Top Functions
The Top Functions view presents an ordered list of functions that zymtrace samples most often. From this view, you can spot the most expensive functions across your entire fleet, applying filters to drill down into individual components.
Click any function to open the Sandwich view, which shows the function's callers (what called it) and callees (what it called), giving you the complete execution context to understand and optimize your code.
We strongly recommend you add frame type filters in combination with the entity of your choice to narrow down your search. For example, combine k8s.pod.name == "my-app"
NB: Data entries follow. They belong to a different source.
//! Laws of progress over every run of the definitions. Each law is the contract of a function with an empty body.

ghost use Rattle.std.specs.Prelude.{◌≡◌, ◌<◌, ◌+◌, ℕ, List, []};
ghost use Rattle.rmecore.specs.AbstractLock.{Abstract};
ghost use Rattle.rmecore.specs.HomeState.{IsInLine};
ghost use Rattle.rmecore.specs.Place.{Event, Reread, Leaving};
ghost use Rattle.rmecore.specs.World.{World, at_rest, Run, final};
ghost use Rattle.rmecore.specs.Lawful.{IsLawful, all_dead};
ghost use Rattle.rmecore.specs.declared.core_call.CoreCall.TheVariants.{Lock, Recover};
ghost use Rattle.rmecore.specs.declared.own.Own.{Own};
ghost use Rattle.redomail.specs.Layout.{Words};
ghost use Rattle.rmeworld.specs.ImageRules.{layout_of, IsLawfulImage};
ghost use Rattle.rmeworld.specs.ProcessState.{WorldEvent};
ghost use Rattle.rmeworld.specs.Reached.{crashed_global_state};
ghost use Rattle.rmeworld.specs.World.{at_first, Execution, last_global_state};
ghost use Rattle.rmeworld.specs.WorldState.{global_state_of, image_world};
ghost use Rattle.table_runs.specs.Runs.{IsRun};
ghost use Rattle.progress.specs.WaitingBounds.{WorkIsBounded, WaitingIsBounded};
ghost use Rattle.progress.specs.Bypass.{EntersOnce, EntersOnceWhileReady, IsInDoorway, LaterWaitsForDoorway};
ghost use Rattle.progress.specs.Pieces.{HasFullPiece};
ghost use Rattle.progress.specs.WaitFree.{LeavesWithin, IsBeforeLine, IsRereadOfLock, IsLeaving, IsRecovering};
ghost use Rattle.progress.specs.UnspentNumbers.{NumbersAreUnspent};
ghost use Rattle.progress.specs.ThreadWaitingBounds.{ThreadWaitingIsBounded};
ghost use Rattle.progress.specs.WorldWaitingBounds.{WorldWaitingIsBounded};

use redomail::Layout;
use rmeworld::image::Image;
use table_runs::Setup;
use table_runs::entry::TakenStep;

/// The law of work. While a process in line has not entered, at most `(n - 1)(6n + 13) + 8` starts and steps that are neither
/// blocked nor a glance are made by all processes together. Each disturbance adds `3n + 4`. Nothing is asked of a scheduler.
pub fn work_is_bounded()
    ensures from_rest { (n limit p : ℕ) (events : List Event) → p < n → Run n limit at_rest events
        → WorkIsBounded n limit (final n limit at_rest events) p }
    ensures later { (n limit p : ℕ) (words : ℕ → Own) (events : List Event) → p < n → IsLawful n limit words
        → Run n limit (all_dead words) events → WorkIsBounded n limit (final n limit (all_dead words) events) p }
{}

/// Bounded waiting, so starvation freedom. A process in line enters within `(n - 1)(6n + 13) + 9` pieces of a run, in each of
/// which each process moves that is in its doorway, or has the least pair of all that hold a number. Each disturbance adds
/// `3n + 5` pieces. Others may lock again without end, and those after it may stay crashed.
pub fn waiting_is_bounded()
    ensures from_rest { (n limit p : ℕ) (events : List Event) → p < n → Run n limit at_rest events
        → WaitingIsBounded n limit (final n limit at_rest events) p }
    ensures later { (n limit p : ℕ) (words : ℕ → Own) (events : List Event) → p < n → IsLawful n limit words
        → Run n limit (all_dead words) events → WaitingIsBounded n limit (final n limit (all_dead words) events) p }
{}

/// Bounded waiting in a whole world, from all words 0, from lawful lock words with all processes crashed (`later`) and from each
/// lawful image. A process in line enters within as many pieces, in each of which each process that owes a step of the lock
/// takes one. The steps of a task are none of these, so a holder may hold the others up by tasks without end.
pub fn waiting_in_a_world_is_bounded()
    ensures new { (l : Layout) (limit p : ℕ) (execution : List WorldEvent) → p < l.procs → Execution l limit at_first execution
        → WorldWaitingIsBounded l limit (last_global_state l limit at_first execution) p }
    ensures later { (l : Layout) (limit p : ℕ) (words : ℕ → Own) (cells : Words) (execution : List WorldEvent) → p < l.procs
        → IsLawful l.procs limit words → let first = crashed_global_state l.procs words cells in
        Execution l limit first execution → WorldWaitingIsBounded l limit (last_global_state l limit first execution) p }
    ensures image { (i : Image) (p : ℕ) (execution : List WorldEvent) → IsLawfulImage i → p < (layout_of i).procs
        → let first = global_state_of (image_world i) in Execution (layout_of i) i.limit first execution
        → WorldWaitingIsBounded (layout_of i) i.limit (last_global_state (layout_of i) i.limit first execution) p }
{}

/// Bounded waiting of threads. Whatever steps the members of an arena have taken, one that is in line enters within as many
/// pieces of the steps that follow, in each of which each member that owes a step of the lock takes one. That a thread runs is
/// up to its scheduler.
pub fn waiting_of_threads_is_bounded()
    ensures { (s : Setup) (steps : List TakenStep) (p : ℕ) → p < s.layout.procs → IsRun s steps
        → ThreadWaitingIsBounded s steps p }
{}

/// Bounded overtaking in line. While a process is in line, each other process enters once at most, whatever crashes and gives
/// up. Of a re-entry after a crash nothing is said. The same of every lock whose histories the abstract lock allows.
pub fn one_entry_while_in_line()
    ensures from_rest { (n limit p : ℕ) (events : List Event) → p < n → Run n limit at_rest events
        → EntersOnce IsInLine n limit (final n limit at_rest events) p }
    ensures later { (n limit p : ℕ) (words : ℕ → Own) (events : List Event) → p < n → IsLawful n limit words
        → Run n limit (all_dead words) events → EntersOnce IsInLine n limit (final n limit (all_dead words) events) p }
    ensures legal { (n p : ℕ) (a : Abstract) → p < n → EntersOnceWhileReady n a p }
{}

/// Bounded overtaking in the doorway. While a process is in its doorway, alive or crashed, each other process enters once at
/// most. One that begins after it does not enter before the process in the doorway has its number, or gives up.
pub fn one_entry_while_in_doorway()
    ensures from_rest { (n limit p : ℕ) (events : List Event) → p < n → Run n limit at_rest events
        → EntersOnce IsInDoorway n limit (final n limit at_rest events) p }
    ensures later { (n limit p : ℕ) (words : ℕ → Own) (events : List Event) → p < n → IsLawful n limit words
        → Run n limit (all_dead words) events → EntersOnce IsInDoorway n limit (final n limit (all_dead words) events) p }
    ensures begun { (n limit p : ℕ) (events : List Event) → p < n → Run n limit at_rest events
        → LaterWaitsForDoorway n limit (final n limit at_rest events) p }
    ensures begun_later { (n limit p : ℕ) (words : ℕ → Own) (events : List Event) → p < n → IsLawful n limit words
        → Run n limit (all_dead words) events → LaterWaitsForDoorway n limit (final n limit (all_dead words) events) p }
{}

/// The wait-free parts. A lock has its number, and has shut its doorway, or has given up, by its own step `n + 6`, counted from
/// its first reread. A process that enters again after a crash inside has its rereads alone, which are three steps. An exit
/// takes two steps, and a recovery four at most. Whatever the others do.
pub fn doorway_exit_and_recovery_are_wait_free()
    ensures doorway { (n limit p : ℕ) (w : World) → p < n → w.places p ≡ Reread Lock []
        → LeavesWithin (n + 6) IsBeforeLine n limit w p }
    ensures reentry { (n limit p : ℕ) (w : World) → p < n → w.places p ≡ Reread Lock []
        → LeavesWithin 3 IsRereadOfLock n limit w p }
    ensures exit { (n limit p : ℕ) (w : World) → p < n → w.places p ≡ Leaving → LeavesWithin 2 IsLeaving n limit w p }
    ensures recovery { (n limit p : ℕ) (w : World) → p < n → w.places p ≡ Reread Recover []
        → LeavesWithin 4 IsRecovering n limit w p }
{}

/// Numbers are not spent before a process in line enters, where the limit is at least `n - 1` above the greatest number that
/// any process holds or has read in its doorway. A withdraw of another process costs at most one number more. Crashes and
/// recoveries cost none.
pub fn numbers_are_not_spent()
    ensures from_rest { (n limit p : ℕ) (events : List Event) → p < n → Run n limit at_rest events
        → NumbersAreUnspent n limit (final n limit at_rest events) p }
    ensures later { (n limit p : ℕ) (words : ℕ → Own) (events : List Event) → p < n → IsLawful n limit words
        → Run n limit (all_dead words) events → NumbersAreUnspent n limit (final n limit (all_dead words) events) p }
{}

/// A full piece can always follow. In every world of a run there is one of starts and steps alone, in which each process moves.
/// So the pieces that bounded waiting asks for can be as many as wanted.
pub fn a_full_piece_can_follow()
    ensures from_rest { (n limit : ℕ) (events : List Event) → Run n limit at_rest events
        → HasFullPiece n limit (final n limit at_rest events) }
    ensures later { (n limit : ℕ) (words : ℕ → Own) (events : List Event) → IsLawful n limit words
        → Run n limit (all_dead words) events → HasFullPiece n limit (final n limit (all_dead words) events) }
{}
with profile.frame.type == "python"
to focus on Python functions in a specific pod.
- GPU Top Functions
- CPU Top Functions
GPU Top Functions​
GOU functions are ranked by how much GPU time they have taken, helping you identify:
- CPU-side optimization opportunities - GPU time enqueued by CPU code to determine where to optimize on the CPU side
- Slow CUDA kernel executions - Identify kernels that are executing inefficiently on the GPU
- Kernel fusion opportunities - Find where multiple kernel launches can be combined for better performance
GPU Top Functions showing GPU consumption across services
Understanding the Data​
The table below shows the profiling data displayed for each function:
Field | Description |
---|---|
Self Time | For CUDA frames, Self Time reflects the time spent executing this particular function on the GPU, excluding any functions it called. For CPython and Native frames this is always zero because they are not actually executed on the GPU. |
Total Time | For CPython and native frames, Total Time indicates the GPU time consumed by CUDA kernels launched by the function (including its callees); for CUDA frames, it reflects time spent executing the function's body and any functions it called on the GPU. |
Self GPU % | For CUDA frames, Self GPU reflects the percentage of time spent executing this particular function on the GPU, excluding any functions it called. For CPython and Native frames this is always zero because they are not actually executed on the GPU. |
Total GPU % | For CPython and native frames, Total GPU indicates the percentage of GPU time consumed by CUDA kernels launched by the function (including its callees); for CUDA frames, it reflects percentage of time spent executing the function's body and any functions it called on the GPU. |
The data above varies based on the frame type:
- CUDA frames: Represent actual GPU kernel execution
- CPython/Native frames: Represent CPU code that launches GPU kernels
Learn more about this data in the Unit Reference.
CPU Top Functions​
Functions are ranked by how frequently they appear in CPU profiling samples, helping you identify:
- Performance hotspots - Functions consuming the most CPU time
- Optimization targets - Where improvements will have the biggest impact
- Resource distribution - How CPU time is spread across your codebase
CPU Top Functions showing CPU consumption across services
Understanding the Data​
The table below shows the profiling data displayed for each function:
Field | Description |
---|---|
Cores Used (self) | Indicates the amount of CPU cores used per second (on average) in the function's body, excluding the cores used in any functions it called. |
Cores Used (total) | Indicates the amount of CPU cores used per second (on average) in the function's body, including the cores used in any functions it called. |
Self CPU % | Indicates the percentage of CPU time spent in the function's body, excluding the time spent in any functions it called. |
Total CPU % | Indicates the percentage of CPU time spent in the function's body, including the time spent in any functions it called. |
Learn more about this data in the Unit Reference.
Filters help you drill down from infrastructure-wide view to specific components.
Sandwich View​
The typical flamegraph will break down resource utilization by function, but it can be difficult to see how much time is spent in the function itself vs how much time is spent in the functions it calls. Sandwich view solves this problem by splitting a flamegraph into two sections:
When you click on any function, zymtrace displays a sandwich view showing the complete call context:
- Callers - The functions that called the function in question (its "parents")
- Selected Function (middle, highlighted) - The function you clicked
- Callees - The functions that the function in question called (its "children")
This view helps you understand the complete execution path and identify optimization opportunities by seeing what calls your expensive function and what it calls in return.